I am having a question to a paper I am reading. In his introduction the author writes the following:
I am not sure why this should be the case. The central limit theorem does not give some form of convergence rate and therefore I am not seeing that the MC method is immune to the dimension because of that.
Could somebody elaborate why this is the case? Would still be very interested in it.

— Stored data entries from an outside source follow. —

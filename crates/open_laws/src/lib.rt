//! Laws of why logs aren't opened. They are said of the definitions alone: the functions do nothing.
//!
//! - `specs/Standing`: log files that stand for a run in which nothing clashes with requests, and what opening them may still meet.
//! - `laws`: such files aren't refused, and files that keep entries which were accepted in some order are such files.
#![tactic(auto)]

mod laws;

For interested readers - it is the following publication: Deep Primal-Dual Algorithm for BSDEs: Applications of Machine Learning to CVA and IM

Say you have a (linear or not) PDE equation in $\mathbb{R}^d$ in the form $$ \frac{\partial}{\partial t} \nu(t, x) = \mathcal{L} \nu (t, x) $$ and you want to solve it numerically, or at least compute some macroscopic quantities which depends on the solution, such as $$ a_t = \int_{\mathcal{D} \subset \mathbb{R}^d}{ f(x) \nu(t, x) }.$$
Standard methods such as Finite Volume method or Finite element method would require first to discretize the region of $\mathbb{R}^d$ on which you want to compute the solution. This does not scale well with the dimension $d$.

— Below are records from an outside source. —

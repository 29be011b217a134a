//! The block that a window is over: reserved, adopted from a vector, and handed over or freed.
ghost use Rattle.std.specs.Prelude.{◌≡◌, ◌≤◌, ◌<◌, ◌^◌, [], IfOk, length};
ghost use Rattle.parallel_bridge.specs.Windows.{IsExtent, part};

use crate::window::cells::{Base, Cells, Deed};
use crate::window::part::Window;
use crate::window::vector::{close, open};
use std::alloc::{AllocError, Allocator};
use std::marker::Model;

/// The block that a window is over, with the right to free it. It can't be dropped: a window over
/// all its slots is handed over with it as a vector, or freed with it.
pub struct Home<T, A: Allocator> {
    base: Base<T>,
    room: usize,
    capacity: usize,
    end: Base<T>,
    tail: Cells<T>,
    deed: Deed<T, A>,
    vec: Vec<T, A>,
}

impl<T, A: Allocator> Model for Home<T, A> {
    ghost use Rattle.std.specs.Prelude.{◌≡◌, ◌<◌, ◌^◌};
    ghost use Rattle.parallel_bridge.specs.Windows.{IsTail, Extent, extent_code};

    ghost Value = { Extent };

    ghost coded = { extent_code };

    ghost view = { λ h. record {
      start = h.base.ptr;
      room = h.room;
      capacity = h.capacity;
      end = h.end.ptr;
    } };

    ghost invariant = { λ h. IsTail h.tail.at h.end.ptr h.tail.slots h.capacity h.room
        × (h.deed.at ≡ h.base.ptr) × (h.deed.len ≡ h.capacity) × (h.deed.alloc ≡ h.vec.alloc)
        × (h.vec.cap ≡ 0) × (h.capacity < 2 ^ 63) };
}

impl<T, A: Allocator> Home<T, A> {
    /// Reserves a block for `room` items, of which the window has none yet.
    ///
    /// # Errors
    ///
    /// `AllocError` where it can't be allocated.
    pub fn reserve(alloc: A, room: usize) -> Result<(Window<T>, Self), AllocError>
        ensures window { IfOk result (λ r. (r.0 ≡ part r.1.start room 0 []) × (r.1.room ≡ room)) }
        ensures extent { IfOk result (λ r. IsExtent T.row r.1) }
    {
        // glibc gives free memory at the end of its heap back once that is twice the greatest block
        // that was freed. A list that was gathered and its results, as long, would be just as much,
        // and each call would get all their pages anew; an eighth more keeps them.
        let vec = Vec::with_capacity(alloc, room.saturating_add(room / 8))?;
        Ok(Home::over(vec, room))
    }

    /// Reserves a block for `room` items and none to spare, of which the window has none yet.
    ///
    /// # Errors
    ///
    /// `AllocError` where it can't be allocated.
    pub(crate) fn reserve_exact(alloc: A, room: usize) -> Result<(Window<T>, Self), AllocError>
        ensures window { IfOk result (λ r. (r.0 ≡ part r.1.start room 0 []) × (r.1.room ≡ room)) }
        ensures extent { IfOk result (λ r. IsExtent T.row r.1) }
    {
        let vec = Vec::with_capacity(alloc, room)?;
        Ok(Home::over(vec, room))
    }

    /// A window over a vector's own items, where they lie.
    pub fn adopt(vec: Vec<T, A>) -> (Window<T>, Self)
        ensures window { (result.0 ≡ part result.1.start (length vec.items) 0 vec.items)
            × (result.1.room ≡ length vec.items) }
        ensures extent { IsExtent T.row result.1 }
    {
        let room = vec.len();
        Home::over(vec, room)
    }

    // A window over the first slots of a vector's block.
    fn over(mut vec: Vec<T, A>, room: usize) -> (Window<T>, Self)
        requires fits { (length vec.items ≤ room) × (room ≤ vec.cap) }
        ensures window { (result.0 ≡ part result.1.start room 0 vec.items)
            × (result.1.room ≡ room) }
        ensures extent { IsExtent T.row result.1 }
    {
        let len = vec.len();
        let capacity = vec.capacity();
        let (base, all, deed) = open(&mut vec);
        let (cells, end, tail) = all.split(base, room);
        let window = Window {
            base,
            room,
            before: 0,
            len,
            cells,
        };
        let home = Home {
            base,
            room,
            capacity,
            end,
            tail,
            deed,
            vec,
        };
        (window, home)
    }
}

impl<T> Window<T> {
    /// The items as a vector, which has the window's block. Nothing is copied.
    pub fn into_vec<A: Allocator>(self, home: Home<T, A>) -> Vec<T, A>
        requires whole { (self.start ≡ home.start) × (self.room ≡ home.room) × IsExtent T.row home }
        requires first { self.before ≡ 0 }
        ensures { result.items ≡ self.items }
    {
        let (_, _, _, len, cells) = self.into_parts();
        let Home {
            base,
            room: _,
            capacity,
            end: _,
            tail,
            deed,
            mut vec,
        } = home;
        let all = cells.join(tail);
        close(&mut vec, base, len, capacity, all, deed);
        vec
    }
}

impl<T: Drop, A: Allocator> Home<T, A> {
    /// Drops what is left in the window, and frees its block.
    pub fn free(self, mut window: Window<T>)
        requires { (window.start ≡ self.start) × (window.room ≡ self.room) × IsExtent T.row self }
    {
        window.clear();
        drop(window.into_vec(self));
    }
}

Now assume you can find a probabilistic interpretation of the PDE in the sense that you find a stochastic process $(X_t)$ such that the law of $X_t$ is a solution of your PDE (sometimes called the Fokker-Planck PDE associated to the process): $$\forall t \geq 0,\quad \mathcal{L}(X_t)(dx) = \nu(t, x) dx.$$
Then, it holds that $$ a_t = \mathbb{E} f(X_t), $$ and then you can compute $a_t$ using Monte-Carlos method, by first simulating i.i.d. trajectories $(X^i_t)$ and using the approximation $$ a_t \approx \frac{1}{N} \sum_{k= 1}^N {f(X^i_t)}.$$
The advantage of this method is that it is usually independent of the dimension of the problem (as long as the probabilistic interpretation of the PDE behaves nicely in large $d$, - that is $\text{Var} f(X_t)$ behaves reasonably well with $d$) and consequently scale well with $d$. However for small $d$ the method is usually not competitive with standard numerical PDE techniques. Also you have to find a probabilistic interpretation of the PDE, which is not always possible.